Mit seinen digitalen Funktionen übernimmt der Frequenzumrichter gleich mehrere Aufgaben: Er fungiert als effizienter Sensor im System, sammelt Daten und leitet diese standardisiert und zuverlässig an IIoT-­Platt­for­men und übergeordnete Edge-Systeme weiter. Mit diesem vielfältigen, robusten und gleichzeitig kompakten Gerät hat Lenze ein Produkt gelauncht, das bei unseren Kunden sehr stark nachgefragt wird und diese in Sachen dezentrale Umrichter hervorragend unterstützt. Zum ande­ren möchte ich die Motor Drive Rolle, kurz MDR, erwähnen, die aufgrund ihrer neuartigen technischen Eigenschaften eine riesige Resonanz am Markt erfahren hat.

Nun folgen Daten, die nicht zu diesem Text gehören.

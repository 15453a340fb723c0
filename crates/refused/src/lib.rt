// What no program reaches: refusals and awaiting boards, met through the public calls of the libraries.
#![tactic(auto)]

#[cfg(test)]
mod tests;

Die getriebelose MDR kann direkt in eine Förderanlage integriert werden und ist mit einer Leistung von 115 Watt mehr als doppelt so stark wie vergleichbare Systeme. Die kompakte Bauform mit enormer Performance und das hervorragende Regel- bzw. Positionierverhalten setzen Maß­stäbe – hier ist unsere ganze Antriebs- und Regelkompetenz mit eingeflossen. Zudem arbeitet die Motorrolle mit 24 Volt oder 48 Volt, und das bedeutet, dass auch Personen mit ­geringerem elektrischem Fachwissen den Motor einbauen oder warten dürfen.

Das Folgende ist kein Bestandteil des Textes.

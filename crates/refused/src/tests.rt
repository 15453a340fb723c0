// Each call that is refused, and a run over a medium that keeps nothing.
mod awaiting;
mod deaf;
mod given;
mod media;
mod plans;
mod runs;
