//! Numbers modulo the prime 32003: the field over which the program's polynomials stand.
//!
//! An [`Fp`] is seen by contracts as the number from 0 to 32002 that it holds. No call takes memory.
#![tactic(auto)]

ghost use Rattle.std.specs.Prelude.{◌≡◌, ◌+◌, ◌*◌, ◌-◌, ◌%◌, ◌<◌, ◌≤◌, pos, IsNone, ◌↔◌, IfSome};
ghost use Rattle.std.specs.Int.{int_rem_euclid};
ghost use Rattle.std.specs.Int.RustNames.{unsigned_abs};
ghost use Rattle.git_field.specs.Field.{signed_of};
ghost use Rattle.git_field.specs.Laws.{NoZeroDivisors, HasInverses, InverseOfInverts};
ghost use Rattle.git_field.specs.Prime.{IsPrime};

use std::marker::Model;

/// The prime: numbers are counted modulo this one.
pub const MODULUS: u16 = 32003;

/// The same number, wide enough for a product of two others.
const WIDE_MODULUS: u32 = 32003;

/// A number modulo `MODULUS`, kept as its rest from 0 to 32002.
#[derive(Clone, Copy, Debug, PartialEq, Eq)]
pub struct Fp {
    rest: u16,
}

impl Model for Fp {
    ghost use Rattle.std.specs.Prelude.{ℕ, ◌<◌};

    ghost Value = { ℕ };

    ghost view = { λ a. a.rest };

    ghost invariant = { λ a. a.rest < 32003 };

    ghost inverse = { λ n. record { rest = n } };
}

impl Fp {
    /// The number with this rest, or `None` where it is no rest.
    pub fn new(v: u16) -> Option<Fp>
        ensures none { IsNone result ↔ (MODULUS ≤ v) }
        ensures some { IfSome result (λ f. f ≡ v) }
    {
        if v < MODULUS {
            Some(Fp { rest: v })
        } else {
            None
        }
    }

    /// The rest of an integer, which is never negative.
    pub fn reduce(v: i128) -> Fp
        ensures { result ≡ unsigned_abs (int_rem_euclid v (pos MODULUS)) }
    {
        Fp {
            rest: v.rem_euclid(i128::from(MODULUS)) as u16,
        }
    }

    /// The rest from 0 to 32002.
    pub fn value(self) -> u16
        ensures same { result ≡ self }
        ensures below { result < MODULUS }
    {
        self.rest
    }

    /// The representative from -16001 to 16001.
    pub fn signed(self) -> i32
        ensures { result ≡ signed_of self }
    {
        if self.rest <= 16001 {
            i32::from(self.rest)
        } else {
            i32::from(self.rest) - i32::from(MODULUS)
        }
    }

    /// The sum.
    pub fn add(self, o: Fp) -> Fp
        ensures { result ≡ (self + o) % MODULUS }
    {
        Fp::rest_of(u32::from(self.rest) + u32::from(o.rest))
    }

    /// The difference.
    pub fn sub(self, o: Fp) -> Fp
        ensures { result ≡ (self + (MODULUS - o)) % MODULUS }
    {
        Fp::rest_of(u32::from(self.rest) + u32::from(MODULUS - o.rest))
    }

    /// The negative.
    pub fn neg(self) -> Fp
        ensures { result ≡ (MODULUS - self) % MODULUS }
    {
        Fp::rest_of(u32::from(MODULUS - self.rest))
    }

    /// The product.
    pub fn mul(self, o: Fp) -> Fp
        ensures { result ≡ (self * o) % MODULUS }
    {
        Fp::rest_of(u32::from(self.rest) * u32::from(o.rest))
    }

    /// The number whose product with this one is 1, or `None` at 0, which has none.
    pub fn inverse(self) -> Option<Fp>
        ensures none { IsNone result ↔ (self ≡ 0) }
        ensures some { IfSome result (λ i. (self * i) % MODULUS ≡ 1) }
    {
        if self.rest == 0 {
            return None;
        }
        let mut left = u32::from(self.rest);
        let mut factor: u32 = 1;
        while left > 1 {
            factor = factor * (WIDE_MODULUS - WIDE_MODULUS / left) % WIDE_MODULUS;
            left = WIDE_MODULUS % left;
        }
        Some(Fp::rest_of(factor))
    }

    /// The number with the rest of `n`.
    fn rest_of(n: u32) -> Fp
        ensures { result ≡ n % MODULUS }
    {
        Fp {
            rest: (n % WIDE_MODULUS) as u16,
        }
    }
}

/// 32003 is a prime number.
pub fn modulus_is_prime()
    ensures { IsPrime MODULUS }
{}

/// A product of numbers other than 0 is other than 0.
pub fn no_zero_divisors()
    ensures { NoZeroDivisors }
{}

/// Each number other than 0 has an inverse.
pub fn has_inverses()
    ensures { HasInverses }
{}

/// The inverse that definitions name is one: its product with the number is 1.
pub fn inverse_of_inverts()
    ensures { InverseOfInverts }
{}

#[cfg(test)]
mod tests;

Wie sehen Sie die wirtschaftliche ­Entwicklung von Lenze in Österreich, aber auch die des Markts generell in den kommenden drei Jahren, und was sind Ihre Pläne?
Da die aktuelle Situation aufgrund der Entwicklung am Maschinenbaumarkt keine validen Aussagen zulässt, ist es derzeit sehr schwierig, vorauszusehen, was in drei Jahren sein wird. Für 2025 erwarte ich eher eine wirtschaftliche Seitwärtsentwicklung. Asien und die USA hingegen sind zurzeit positiver unterwegs. Wir wollen dem insofern Rechnung tragen, als wir diese Märkte verstärkt lokal bedienen. Zudem sind unsere Pläne mit der bereits genannten weiteren Produktionsoptimierung dicht gefüllt.

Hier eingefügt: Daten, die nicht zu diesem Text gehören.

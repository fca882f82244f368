//! Numbers worked by hand.

use crate::{Fp, MODULUS};

/// The number of an integer.
fn number(v: i128) -> Fp {
    Fp::reduce(v)
}

/// Takes a value that threads may share and move.
fn shared<T: Send + Sync>(_value: &T) {}

#[test]
fn every_number_times_its_inverse_is_one(rt: HostRuntime) {
    for v in 1..MODULUS {
        let found = number(i128::from(v));
        let product = found.inverse().map(|inverse| found.mul(inverse).value());
        assert_eq!(rt; product, Some(1), "at {v}");
    }
    assert_eq!(rt; Fp::reduce(0).inverse(), None);
    assert_eq!(rt;
        Fp::reduce(2).inverse().map(|half| half.value()),
        Some(16002)
    );
}

#[test]
fn integers_are_reduced_to_their_rests(rt: HostRuntime) {
    let cases = [
        (0, 0, 0),
        (1, 1, 1),
        (-1, 32002, -1),
        (16001, 16001, 16001),
        (16002, 16002, -16001),
        (32003, 0, 0),
        (-32004, 32002, -1),
        (64007, 1, 1),
    ];
    for (integer, rest, signed) in cases {
        let found = Fp::reduce(integer);
        assert_eq!(rt; found.value(), rest, "rest of {integer}");
        assert_eq!(rt; found.signed(), signed, "signed of {integer}");
        assert_eq!(rt; Fp::new(rest), Some(found), "from {rest}");
    }
    assert_eq!(rt; Fp::new(32003), None);
}

#[test]
fn sums_differences_and_products_wrap(rt: HostRuntime) {
    let (a, b) = (number(20000), number(30000));
    shared(&a);
    assert_eq!(rt; a.add(b).value(), 17997);
    assert_eq!(rt; a.sub(b).value(), 22003);
    assert_eq!(rt; b.sub(a).value(), 10000);
    assert_eq!(rt; a.mul(b).value(), 7756);
    assert_eq!(rt; a.neg().value(), 12003);
    assert_eq!(rt; number(0).neg().value(), 0);
}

Weiters denke ich, dass die Zeit der raschen Auf- und Abwärtsentwicklungen vorbei ist und sich die Konjunkturkurven zukünftig sanfter bewegen. Mit unseren derzeitigen und zukünftigen Produkten, den Lösungen und den Menschen, die dahinter stehen, sind wir überzeugt, dass wir, wenn die Wirtschaft wieder anzieht, ganz vorn mitspielen können. Dafür haben wir die Voraussetzungen geschaffen und unsere Hausauf­gaben gemacht, denn der Themenbereich Automatisierung wird immer Konjunktur haben. (red.)

www.lenze.com

INFO-BOX
Wertstrom
Seitens Lenze umfasst der Wertstrom alle Aktivitäten, sprich die Gesamtheit aller wertschöpfenden und nicht wertschöpfenden Geschäftsprozesse, die notwendig sind, um ein Produkt beziehungsweise eine Dienstleistung herzustellen und anzubieten, wobei der Strom auch über die Unternehmensgrenzen hinausgehen kann.